Сорок лет спустя, т. е. как раз в тот год, когда Бродский выносил свой частный приговор поэту и мастеру в «Набережной неисцелимых» (1989), Библиотека Конгресса вновь обрела утраченные полномочия. И поэт Джеймс Меррилл, обладатель первой государственной премии, не забыл упомянуть своего именитого предшественника – Эзру Паунда. «Я очень этому рад. Дать ему премию в то время было большой щедростью. Иногда искусство поддерживает правительство, а иногда нет. Это был солнечный луч в темной камере его помешательства». Джеймс Меррилл нашел способ поблагодарить правительство за престижную премию, оговорив для поэта право иногда противостоять правительству.

На аналогичное право, как известно, претендовал и Бродский.
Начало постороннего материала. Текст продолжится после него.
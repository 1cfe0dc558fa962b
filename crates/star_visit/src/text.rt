//! The texts of values, which pay a step for each value that they show.
//!
//! The text of a frame, or of a dangling reference, is empty: neither is a value of the language.

ghost use Rattle.std.specs.Prelude.{◌≡◌, ◌≤◌, ◌++◌, ◌∷◌, ◌-◌, [], OnOk, codes, take, vec_len};
ghost use Rattle.std.specs.Fmt.{signed_decimal};
ghost use Rattle.star_store.specs.Store.{look};
ghost use Rattle.star_store.specs.Text.{Tells, after, all_bounds, bool_text, bounds_parts, function_parts, method_parts, on_path, parts_of_built_in, quoted, range_after, same_address, say_dict, say_elements, say_entries, say_entry, say_field, say_fields, say_inside, say_items, say_list, say_new_dict, say_new_list, say_nth, say_place, say_read, say_set, say_struct, say_tuple, say_within, separator, text, tuple_end};
ghost use Rattle.star_visit.specs.Pages.{Puts};

use crate::draft::Draft;
use sqlite_items::Boxed;
use star_store::arena::{Arena, Homes};
use star_store::budget::Budget;
use star_store::fault::StoreFault;
use star_store::fields::Fields;
use star_store::names::{BuiltIn, Method};
use star_store::range::Range;
use star_store::values::{Cell, Entries, Value, Values};
use star_text::Text;
use std::alloc::{AllocError, Global};

/// A text that grows, the steps that are left, and the lists and dictionaries that the text is now inside of.
#[derive(Drop)]
struct Page {
    alloc: Global,
    out: Draft,
    path: Vec<Value>,
    steps: u64,
}

/// The text of a value. It visits the value and all values inside: a visit opens a level (else `Deep`) and then pays a
/// step (else `Steps`). A list or dictionary inside itself is `[...]` or `{...}`. `Memory` if an allocation fails. The
/// text is not built: it is a draft, in which at most about `room` bytes of long strings are copied.
pub fn repr(
    alloc: Global,
    arena: &Arena,
    homes: &Homes,
    names: &[Text],
    budget: &mut Budget,
    value: Value,
    room: usize,
) -> Result<Draft, StoreFault>
    ensures answer { Tells (text names.now (look arena.now homes.now) budget.old.levels [] value [] budget.old.steps)
        result budget.new.steps }
    ensures less { budget.new.steps ≤ budget.old.steps }
    ensures levels { budget.new.levels ≡ budget.old.levels }
{
    let mut page = Page {
        alloc,
        out: Draft::new(alloc, room),
        path: Vec::new(alloc),
        steps: budget.steps,
    };
    let answer = put_text(arena, homes, names, budget.levels, &mut page, value);
    budget.steps = page.steps;
    answer?;
    Ok(page.out)
}

#[cycle(text)]
#[tactic(auto, using(crate::proofs::Texts::text_at, crate::proofs::Texts::text_at_none))]
fn put_text<'a>(
    arena: &'a Arena,
    homes: &'a Homes<'a>,
    names: &'a [Text],
    levels: u32,
    page: &mut Page,
    value: Value,
) -> Result<(), StoreFault>
    ensures answer { Puts (text names.now (look arena.now homes.now) levels page.old.path.items value) page.old result page.new }
    ensures less { page.new.steps ≤ page.old.steps }
    ensures path { OnOk result (page.new.path.items ≡ page.old.path.items) }
{
    if levels == 0 {
        return Err(StoreFault::Deep);
    }
    if page.steps < 1 {
        return Err(StoreFault::Steps);
    }
    page.steps -= 1;
    put_value(arena, homes, names, levels - 1, page, value)
}

#[cycle(text)]
fn put_value<'a>(
    arena: &'a Arena,
    homes: &'a Homes<'a>,
    names: &'a [Text],
    levels: u32,
    page: &mut Page,
    value: Value,
) -> Result<(), StoreFault>
    ensures answer { Puts (say_within names.now (look arena.now homes.now) levels page.old.path.items value) page.old result
        page.new }
    ensures less { page.new.steps ≤ page.old.steps }
    ensures path { OnOk result (page.new.path.items ≡ page.old.path.items) }
{
    match value {
        Value::NoneValue => page.say("None")?,
        Value::Bool(b) => page.say_bool(b)?,
        Value::Int(n) => page.say_int(n)?,
        Value::Builtin(b) => page.say_built_in(names, b)?,
        Value::Ref { .. } => {
            put_cell(
                arena,
                homes,
                names,
                levels,
                page,
                value,
                arena.read(homes, value),
            )?;
        }
    }
    Ok(())
}

#[cycle(text)]
fn put_cell<'a>(
    arena: &'a Arena,
    homes: &'a Homes<'a>,
    names: &'a [Text],
    levels: u32,
    page: &mut Page,
    value: Value,
    cell: Option<&'a Cell>,
) -> Result<(), StoreFault>
    ensures answer { Puts (say_read names.now (look arena.now homes.now) levels page.old.path.items value cell.entry) page.old
        result page.new }
    ensures less { page.new.steps ≤ page.old.steps }
    ensures path { OnOk result (page.new.path.items ≡ page.old.path.items) }
{
    match cell {
        Some(Cell::Text(t)) => page.say_quoted(t)?,
        Some(Cell::Range(range)) => page.say_range(*range)?,
        Some(Cell::Tuple(items)) => put_tuple(arena, homes, names, levels, page, items)?,
        Some(Cell::List(items)) => put_list(arena, homes, names, levels, page, value, items)?,
        Some(Cell::Dict(entries)) => put_dict(arena, homes, names, levels, page, value, entries)?,
        Some(Cell::Func(function)) => page.say_function(&function.get().name)?,
        Some(Cell::Bound(method, _)) => page.say_method(*method)?,
        Some(Cell::Struct(fields)) => put_struct(arena, homes, names, levels, page, fields)?,
        Some(Cell::Set(elements)) => put_set(arena, homes, names, levels, page, elements)?,
        Some(Cell::Frame(_)) | None => page.say("")?,
    }
    Ok(())
}

#[cycle(text)]
fn put_tuple<'a>(
    arena: &'a Arena,
    homes: &'a Homes<'a>,
    names: &'a [Text],
    levels: u32,
    page: &mut Page,
    items: &'a Values,
) -> Result<(), StoreFault>
    ensures answer { Puts (say_tuple (text names.now (look arena.now homes.now) levels page.old.path.items) items.now) page.old
        result page.new }
    ensures less { page.new.steps ≤ page.old.steps }
    ensures path { OnOk result (page.new.path.items ≡ page.old.path.items) }
{
    page.say("(")?;
    put_items(arena, homes, names, levels, page, items)?;
    page.say_tuple_end(items)?;
    Ok(())
}

#[cycle(text)]
fn put_struct<'a>(
    arena: &'a Arena,
    homes: &'a Homes<'a>,
    names: &'a [Text],
    levels: u32,
    page: &mut Page,
    fields: &'a Boxed<Fields>,
) -> Result<(), StoreFault>
    ensures answer { Puts (say_struct (text names.now (look arena.now homes.now) levels page.old.path.items) fields.now) page.old
        result page.new }
    ensures less { page.new.steps ≤ page.old.steps }
    ensures path { OnOk result (page.new.path.items ≡ page.old.path.items) }
{
    page.say("struct(")?;
    put_fields(arena, homes, names, levels, page, fields.get())?;
    page.say(")")?;
    Ok(())
}

#[cycle(text)]
#[tactic(auto, using(crate::proofs::Texts::all_said_next))]
fn put_fields<'a>(
    arena: &'a Arena,
    homes: &'a Homes<'a>,
    names: &'a [Text],
    levels: u32,
    page: &mut Page,
    fields: &'a Fields,
) -> Result<(), StoreFault>
    ensures answer { Puts (say_fields (text names.now (look arena.now homes.now) levels page.old.path.items) fields.now) page.old
        result page.new }
    ensures less { page.new.steps ≤ page.old.steps }
    ensures path { OnOk result (page.new.path.items ≡ page.old.path.items) }
{
    let count = fields.len();
    for i in 0..count {
        put_field(arena, homes, names, levels, page, fields, i)?;
    }
    Ok(())
}

#[cycle(text)]
fn put_field<'a>(
    arena: &'a Arena,
    homes: &'a Homes<'a>,
    names: &'a [Text],
    levels: u32,
    page: &mut Page,
    fields: &'a Fields,
    i: usize,
) -> Result<(), StoreFault>
    ensures answer { Puts (say_field (text names.now (look arena.now homes.now) levels page.old.path.items) fields.now i) page.old
        result page.new }
    ensures less { page.new.steps ≤ page.old.steps }
    ensures path { OnOk result (page.new.path.items ≡ page.old.path.items) }
{
    page.say_separator(i)?;
    match fields.at(i) {
        Some((name, value)) => {
            page.say_name(name)?;
            put_text(arena, homes, names, levels, page, value)?;
        }
        None => page.say("")?,
    }
    Ok(())
}

#[cycle(text)]
fn put_set<'a>(
    arena: &'a Arena,
    homes: &'a Homes<'a>,
    names: &'a [Text],
    levels: u32,
    page: &mut Page,
    elements: &'a Entries,
) -> Result<(), StoreFault>
    ensures answer { Puts (say_set (text names.now (look arena.now homes.now) levels page.old.path.items) elements.now) page.old
        result page.new }
    ensures less { page.new.steps ≤ page.old.steps }
    ensures path { OnOk result (page.new.path.items ≡ page.old.path.items) }
{
    page.say("set([")?;
    put_elements(arena, homes, names, levels, page, elements)?;
    page.say("])")?;
    Ok(())
}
Бок о бок с топикой «поэт и царь» в копилке его убеждений хранилась мысль об идеальном разладе поэта и государства, даже об «отвращении» поэта к государству. И хотя эта последняя мысль прозвучала в нобелевской речи, в реальном конфликте Эзры Паунда с государством Бродский занял сторону государственных обвинителей и даже посетовал на мягкость их наказания. «Что касается его страданий в госпитале Святой Елизаветы, их не стоило бы так расписывать; в глазах русского они сильно уступают девяти граммам свинца, которые его трансляции могли заслужить в ином месте»,[225] – пишет Бродский, кажется, упустив из вида то, что сам когда-то повторил выбор Эзры Паунда, добровольно поступив в психиатрическую клинику в надежде избежать тюремного наказания.